**THE TASK:** The lines you need are those holding the word "fixed"; pull them from the material.

**TASK INPUT:**
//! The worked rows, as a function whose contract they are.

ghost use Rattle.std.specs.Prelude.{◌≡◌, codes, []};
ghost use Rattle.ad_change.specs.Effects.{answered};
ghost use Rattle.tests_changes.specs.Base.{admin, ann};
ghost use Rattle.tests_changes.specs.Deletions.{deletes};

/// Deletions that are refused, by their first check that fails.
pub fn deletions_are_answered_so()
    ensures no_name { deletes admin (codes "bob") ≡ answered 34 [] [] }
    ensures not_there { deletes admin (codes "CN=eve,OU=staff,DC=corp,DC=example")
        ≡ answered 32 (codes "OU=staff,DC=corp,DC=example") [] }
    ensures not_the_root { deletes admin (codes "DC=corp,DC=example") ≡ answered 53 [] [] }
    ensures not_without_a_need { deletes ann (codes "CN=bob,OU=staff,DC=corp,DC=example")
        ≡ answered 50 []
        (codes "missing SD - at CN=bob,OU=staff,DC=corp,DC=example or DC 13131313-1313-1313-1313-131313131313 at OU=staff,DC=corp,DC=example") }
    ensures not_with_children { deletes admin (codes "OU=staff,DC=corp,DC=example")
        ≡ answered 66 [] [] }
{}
* * *
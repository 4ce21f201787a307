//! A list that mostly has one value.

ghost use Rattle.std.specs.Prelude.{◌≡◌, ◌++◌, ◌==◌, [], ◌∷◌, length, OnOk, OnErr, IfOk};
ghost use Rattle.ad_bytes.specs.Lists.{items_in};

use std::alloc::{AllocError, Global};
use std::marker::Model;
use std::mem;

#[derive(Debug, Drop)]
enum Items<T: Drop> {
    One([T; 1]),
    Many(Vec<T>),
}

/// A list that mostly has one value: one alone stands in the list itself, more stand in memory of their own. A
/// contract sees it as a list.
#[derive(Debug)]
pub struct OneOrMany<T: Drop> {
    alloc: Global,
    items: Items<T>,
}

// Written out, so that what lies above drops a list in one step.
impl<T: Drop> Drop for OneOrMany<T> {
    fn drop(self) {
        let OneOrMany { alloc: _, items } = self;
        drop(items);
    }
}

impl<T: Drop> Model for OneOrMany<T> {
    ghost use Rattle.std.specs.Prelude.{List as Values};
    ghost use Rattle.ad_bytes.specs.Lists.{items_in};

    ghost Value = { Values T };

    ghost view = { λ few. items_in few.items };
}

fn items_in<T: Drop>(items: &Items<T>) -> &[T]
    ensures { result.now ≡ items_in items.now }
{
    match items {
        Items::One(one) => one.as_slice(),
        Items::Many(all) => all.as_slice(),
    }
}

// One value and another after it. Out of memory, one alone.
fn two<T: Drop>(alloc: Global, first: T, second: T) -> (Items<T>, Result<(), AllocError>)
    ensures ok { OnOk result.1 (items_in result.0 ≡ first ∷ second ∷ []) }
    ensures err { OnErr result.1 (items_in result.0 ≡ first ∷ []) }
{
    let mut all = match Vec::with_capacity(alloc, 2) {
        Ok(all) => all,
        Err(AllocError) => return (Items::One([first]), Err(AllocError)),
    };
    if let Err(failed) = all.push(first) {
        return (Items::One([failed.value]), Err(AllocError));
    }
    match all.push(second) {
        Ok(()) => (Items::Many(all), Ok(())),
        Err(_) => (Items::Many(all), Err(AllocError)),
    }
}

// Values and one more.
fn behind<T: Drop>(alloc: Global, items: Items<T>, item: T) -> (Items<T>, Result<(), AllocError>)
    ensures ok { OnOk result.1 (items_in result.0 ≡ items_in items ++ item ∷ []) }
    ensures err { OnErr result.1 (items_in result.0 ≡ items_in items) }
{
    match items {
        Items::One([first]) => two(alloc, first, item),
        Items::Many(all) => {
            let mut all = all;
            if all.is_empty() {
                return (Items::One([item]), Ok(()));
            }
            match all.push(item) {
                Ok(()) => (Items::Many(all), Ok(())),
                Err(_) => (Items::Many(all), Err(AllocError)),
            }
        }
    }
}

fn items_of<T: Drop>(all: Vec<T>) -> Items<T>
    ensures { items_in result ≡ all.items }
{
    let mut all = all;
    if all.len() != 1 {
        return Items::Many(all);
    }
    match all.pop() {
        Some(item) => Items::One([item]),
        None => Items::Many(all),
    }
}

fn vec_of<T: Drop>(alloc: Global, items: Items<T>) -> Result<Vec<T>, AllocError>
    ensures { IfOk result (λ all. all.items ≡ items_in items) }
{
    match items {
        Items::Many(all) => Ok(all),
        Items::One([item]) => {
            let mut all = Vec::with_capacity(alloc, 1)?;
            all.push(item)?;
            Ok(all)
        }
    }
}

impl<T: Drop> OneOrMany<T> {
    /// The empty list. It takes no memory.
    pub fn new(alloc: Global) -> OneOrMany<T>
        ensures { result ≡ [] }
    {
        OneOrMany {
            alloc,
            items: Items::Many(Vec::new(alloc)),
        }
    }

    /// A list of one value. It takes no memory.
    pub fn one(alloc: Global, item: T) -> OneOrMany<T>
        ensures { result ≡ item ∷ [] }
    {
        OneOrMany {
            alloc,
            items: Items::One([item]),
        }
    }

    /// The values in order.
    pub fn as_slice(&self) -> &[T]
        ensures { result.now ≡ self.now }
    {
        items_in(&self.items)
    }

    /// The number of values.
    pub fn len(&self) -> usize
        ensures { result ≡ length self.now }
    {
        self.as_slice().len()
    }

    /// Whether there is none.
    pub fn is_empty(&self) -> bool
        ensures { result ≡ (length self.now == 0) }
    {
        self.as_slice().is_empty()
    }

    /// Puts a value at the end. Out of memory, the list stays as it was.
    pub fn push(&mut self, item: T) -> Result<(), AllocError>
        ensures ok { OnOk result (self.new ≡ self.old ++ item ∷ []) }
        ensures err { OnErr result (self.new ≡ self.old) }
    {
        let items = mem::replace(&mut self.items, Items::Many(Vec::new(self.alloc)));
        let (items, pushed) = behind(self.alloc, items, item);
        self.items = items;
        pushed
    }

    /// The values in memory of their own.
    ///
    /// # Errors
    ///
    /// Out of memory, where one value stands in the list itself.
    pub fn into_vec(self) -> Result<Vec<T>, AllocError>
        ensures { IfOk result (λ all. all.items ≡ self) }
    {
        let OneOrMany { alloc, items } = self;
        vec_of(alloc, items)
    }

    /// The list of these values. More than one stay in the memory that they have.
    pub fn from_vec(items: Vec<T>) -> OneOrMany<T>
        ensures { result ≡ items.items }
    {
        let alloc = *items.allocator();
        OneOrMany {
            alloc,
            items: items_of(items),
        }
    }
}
...
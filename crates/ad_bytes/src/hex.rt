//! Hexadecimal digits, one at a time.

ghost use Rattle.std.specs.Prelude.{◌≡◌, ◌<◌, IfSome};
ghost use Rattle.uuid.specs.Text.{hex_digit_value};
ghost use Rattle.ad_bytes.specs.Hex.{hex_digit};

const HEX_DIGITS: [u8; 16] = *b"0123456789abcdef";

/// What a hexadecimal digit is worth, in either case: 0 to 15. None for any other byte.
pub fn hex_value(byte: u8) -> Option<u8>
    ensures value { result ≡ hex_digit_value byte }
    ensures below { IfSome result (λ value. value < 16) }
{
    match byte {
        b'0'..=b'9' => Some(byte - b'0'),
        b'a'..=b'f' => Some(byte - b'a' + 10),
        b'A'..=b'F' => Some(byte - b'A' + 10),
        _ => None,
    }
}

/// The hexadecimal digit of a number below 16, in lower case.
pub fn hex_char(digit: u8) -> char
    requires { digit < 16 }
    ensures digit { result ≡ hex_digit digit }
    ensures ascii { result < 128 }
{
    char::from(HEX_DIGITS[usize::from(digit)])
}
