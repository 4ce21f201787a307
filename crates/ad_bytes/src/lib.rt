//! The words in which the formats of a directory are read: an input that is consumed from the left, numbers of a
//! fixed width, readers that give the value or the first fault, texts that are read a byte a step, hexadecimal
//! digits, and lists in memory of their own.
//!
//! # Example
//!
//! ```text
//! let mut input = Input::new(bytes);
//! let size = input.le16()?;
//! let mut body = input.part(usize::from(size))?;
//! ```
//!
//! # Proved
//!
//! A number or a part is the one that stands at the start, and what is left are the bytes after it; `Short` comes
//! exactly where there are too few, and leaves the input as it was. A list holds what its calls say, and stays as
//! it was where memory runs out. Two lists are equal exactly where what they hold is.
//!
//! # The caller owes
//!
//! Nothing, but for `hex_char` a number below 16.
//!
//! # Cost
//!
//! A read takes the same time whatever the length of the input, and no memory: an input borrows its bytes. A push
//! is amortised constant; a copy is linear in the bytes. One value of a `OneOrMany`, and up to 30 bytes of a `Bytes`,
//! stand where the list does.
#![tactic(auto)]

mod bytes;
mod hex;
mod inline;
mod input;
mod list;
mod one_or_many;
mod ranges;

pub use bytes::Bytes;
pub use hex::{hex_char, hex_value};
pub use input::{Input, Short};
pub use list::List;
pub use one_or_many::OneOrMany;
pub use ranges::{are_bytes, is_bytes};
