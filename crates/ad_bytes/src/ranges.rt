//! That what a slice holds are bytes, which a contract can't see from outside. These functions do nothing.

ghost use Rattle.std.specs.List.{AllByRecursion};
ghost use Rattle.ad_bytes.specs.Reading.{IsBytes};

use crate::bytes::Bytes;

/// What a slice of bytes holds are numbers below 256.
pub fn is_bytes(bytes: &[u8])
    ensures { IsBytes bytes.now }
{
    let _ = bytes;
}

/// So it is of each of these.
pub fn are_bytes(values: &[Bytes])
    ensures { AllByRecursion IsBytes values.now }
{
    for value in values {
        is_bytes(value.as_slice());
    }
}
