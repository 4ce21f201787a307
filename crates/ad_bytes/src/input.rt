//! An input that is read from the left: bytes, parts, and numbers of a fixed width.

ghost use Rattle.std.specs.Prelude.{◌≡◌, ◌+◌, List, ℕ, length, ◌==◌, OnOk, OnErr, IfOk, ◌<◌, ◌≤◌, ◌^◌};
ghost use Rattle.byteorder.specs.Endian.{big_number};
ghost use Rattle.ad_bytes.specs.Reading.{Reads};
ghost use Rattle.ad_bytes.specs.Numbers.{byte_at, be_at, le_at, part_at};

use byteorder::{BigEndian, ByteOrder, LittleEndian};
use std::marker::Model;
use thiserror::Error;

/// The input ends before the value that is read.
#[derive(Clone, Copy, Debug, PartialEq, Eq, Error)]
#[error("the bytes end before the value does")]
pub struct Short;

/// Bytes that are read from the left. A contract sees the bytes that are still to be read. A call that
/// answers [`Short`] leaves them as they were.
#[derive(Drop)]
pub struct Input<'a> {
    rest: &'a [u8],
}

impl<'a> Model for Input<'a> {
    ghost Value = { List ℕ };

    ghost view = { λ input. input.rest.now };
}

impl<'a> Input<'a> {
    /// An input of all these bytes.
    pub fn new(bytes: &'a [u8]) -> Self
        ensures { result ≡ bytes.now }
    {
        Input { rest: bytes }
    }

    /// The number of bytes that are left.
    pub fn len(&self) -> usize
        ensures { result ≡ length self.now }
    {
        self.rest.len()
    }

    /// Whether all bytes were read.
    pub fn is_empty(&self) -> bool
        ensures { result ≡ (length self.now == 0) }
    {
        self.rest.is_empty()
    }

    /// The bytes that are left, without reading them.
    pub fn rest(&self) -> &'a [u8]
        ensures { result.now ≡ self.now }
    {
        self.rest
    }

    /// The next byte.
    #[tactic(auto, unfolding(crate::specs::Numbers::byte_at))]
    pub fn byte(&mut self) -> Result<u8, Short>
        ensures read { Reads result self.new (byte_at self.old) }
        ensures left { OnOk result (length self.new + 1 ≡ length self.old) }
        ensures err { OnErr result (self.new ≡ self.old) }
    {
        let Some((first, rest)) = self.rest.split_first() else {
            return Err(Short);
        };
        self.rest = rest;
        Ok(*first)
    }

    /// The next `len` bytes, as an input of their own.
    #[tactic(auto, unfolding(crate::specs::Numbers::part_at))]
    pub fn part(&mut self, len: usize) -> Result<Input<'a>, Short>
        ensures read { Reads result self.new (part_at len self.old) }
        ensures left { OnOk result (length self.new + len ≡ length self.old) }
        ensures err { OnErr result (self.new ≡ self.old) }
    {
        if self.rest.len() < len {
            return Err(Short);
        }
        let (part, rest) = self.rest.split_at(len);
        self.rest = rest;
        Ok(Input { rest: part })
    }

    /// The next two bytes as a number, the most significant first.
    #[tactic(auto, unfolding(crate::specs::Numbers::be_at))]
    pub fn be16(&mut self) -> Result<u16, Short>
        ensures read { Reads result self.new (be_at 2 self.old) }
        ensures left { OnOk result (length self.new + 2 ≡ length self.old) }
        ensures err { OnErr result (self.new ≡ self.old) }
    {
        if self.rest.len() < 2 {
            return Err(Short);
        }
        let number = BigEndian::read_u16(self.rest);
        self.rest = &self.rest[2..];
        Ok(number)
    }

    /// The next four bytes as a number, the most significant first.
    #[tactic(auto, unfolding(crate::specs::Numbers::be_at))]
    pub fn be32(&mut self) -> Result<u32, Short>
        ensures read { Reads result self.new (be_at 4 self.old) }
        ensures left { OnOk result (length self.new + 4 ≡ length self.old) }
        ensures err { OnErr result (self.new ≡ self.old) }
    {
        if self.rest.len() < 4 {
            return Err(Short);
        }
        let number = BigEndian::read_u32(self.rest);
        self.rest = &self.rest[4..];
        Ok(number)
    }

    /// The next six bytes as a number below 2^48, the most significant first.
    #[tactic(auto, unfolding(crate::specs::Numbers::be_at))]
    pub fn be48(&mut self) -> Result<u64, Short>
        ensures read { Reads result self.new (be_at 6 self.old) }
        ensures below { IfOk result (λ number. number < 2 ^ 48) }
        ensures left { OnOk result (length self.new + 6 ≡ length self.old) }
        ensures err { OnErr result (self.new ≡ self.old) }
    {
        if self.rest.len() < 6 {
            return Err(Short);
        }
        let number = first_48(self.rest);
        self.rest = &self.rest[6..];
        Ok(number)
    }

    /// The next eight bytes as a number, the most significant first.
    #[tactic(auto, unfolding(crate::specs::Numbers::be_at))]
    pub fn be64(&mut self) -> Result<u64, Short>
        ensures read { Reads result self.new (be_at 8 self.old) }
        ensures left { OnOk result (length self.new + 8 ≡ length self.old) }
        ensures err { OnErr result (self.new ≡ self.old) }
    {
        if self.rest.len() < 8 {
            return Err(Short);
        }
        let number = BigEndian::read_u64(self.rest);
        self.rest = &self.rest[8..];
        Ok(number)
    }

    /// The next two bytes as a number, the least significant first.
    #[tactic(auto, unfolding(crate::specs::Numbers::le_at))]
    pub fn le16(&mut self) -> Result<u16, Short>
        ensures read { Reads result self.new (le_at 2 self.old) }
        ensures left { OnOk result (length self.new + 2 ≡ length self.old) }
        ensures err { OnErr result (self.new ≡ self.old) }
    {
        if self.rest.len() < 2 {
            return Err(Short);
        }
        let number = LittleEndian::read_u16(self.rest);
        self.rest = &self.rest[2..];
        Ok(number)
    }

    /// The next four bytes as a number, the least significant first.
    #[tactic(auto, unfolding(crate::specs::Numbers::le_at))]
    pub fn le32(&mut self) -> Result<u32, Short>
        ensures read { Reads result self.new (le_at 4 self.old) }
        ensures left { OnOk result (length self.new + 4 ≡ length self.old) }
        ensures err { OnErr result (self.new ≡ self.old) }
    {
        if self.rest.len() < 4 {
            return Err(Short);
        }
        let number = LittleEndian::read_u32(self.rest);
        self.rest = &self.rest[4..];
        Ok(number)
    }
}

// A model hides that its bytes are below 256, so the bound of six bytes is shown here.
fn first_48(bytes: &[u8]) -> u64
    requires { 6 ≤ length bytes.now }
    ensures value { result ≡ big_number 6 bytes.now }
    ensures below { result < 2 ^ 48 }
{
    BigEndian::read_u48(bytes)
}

**RESULT OF THIS TASK:**
//! fixed width, readers that give the value or the first fault, texts that are read a byte a step, hexadecimal
//! An input that is read from the left: bytes, parts, and numbers of a fixed width.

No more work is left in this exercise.